_THE PROBLEM:_ Scan the entries below for the word "group" and copy every line in which it occurs.

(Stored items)
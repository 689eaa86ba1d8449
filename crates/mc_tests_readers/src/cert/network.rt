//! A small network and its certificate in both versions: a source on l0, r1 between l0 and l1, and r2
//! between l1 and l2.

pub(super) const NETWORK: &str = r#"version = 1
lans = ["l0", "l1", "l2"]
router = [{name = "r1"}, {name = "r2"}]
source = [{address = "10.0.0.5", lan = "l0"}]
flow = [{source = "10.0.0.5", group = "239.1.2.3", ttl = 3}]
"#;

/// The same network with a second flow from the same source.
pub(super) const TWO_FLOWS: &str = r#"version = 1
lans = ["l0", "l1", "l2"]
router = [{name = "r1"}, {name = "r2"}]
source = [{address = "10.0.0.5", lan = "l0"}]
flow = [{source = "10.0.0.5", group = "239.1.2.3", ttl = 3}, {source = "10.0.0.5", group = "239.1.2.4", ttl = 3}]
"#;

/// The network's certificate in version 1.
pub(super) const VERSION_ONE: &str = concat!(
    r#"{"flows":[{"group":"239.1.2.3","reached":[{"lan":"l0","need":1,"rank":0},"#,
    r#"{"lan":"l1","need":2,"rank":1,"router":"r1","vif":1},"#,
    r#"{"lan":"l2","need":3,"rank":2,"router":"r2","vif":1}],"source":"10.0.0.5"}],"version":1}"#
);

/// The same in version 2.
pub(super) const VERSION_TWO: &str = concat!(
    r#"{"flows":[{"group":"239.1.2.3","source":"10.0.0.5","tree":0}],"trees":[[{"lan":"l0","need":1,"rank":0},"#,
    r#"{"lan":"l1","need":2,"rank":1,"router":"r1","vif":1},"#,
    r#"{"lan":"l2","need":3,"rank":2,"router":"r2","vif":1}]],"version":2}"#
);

_ANSWER AREA:_
flow = [{source = "10.0.0.5", group = "239.1.2.3", ttl = 3}]
flow = [{source = "10.0.0.5", group = "239.1.2.3", ttl = 3}, {source = "10.0.0.5", group = "239.1.2.4", ttl = 3}]
    r#"{"flows":[{"group":"239.1.2.3","reached":[{"lan":"l0","need":1,"rank":0},"#,
    r#"{"flows":[{"group":"239.1.2.3","source":"10.0.0.5","tree":0}],"trees":[[{"lan":"l0","need":1,"rank":0},"#,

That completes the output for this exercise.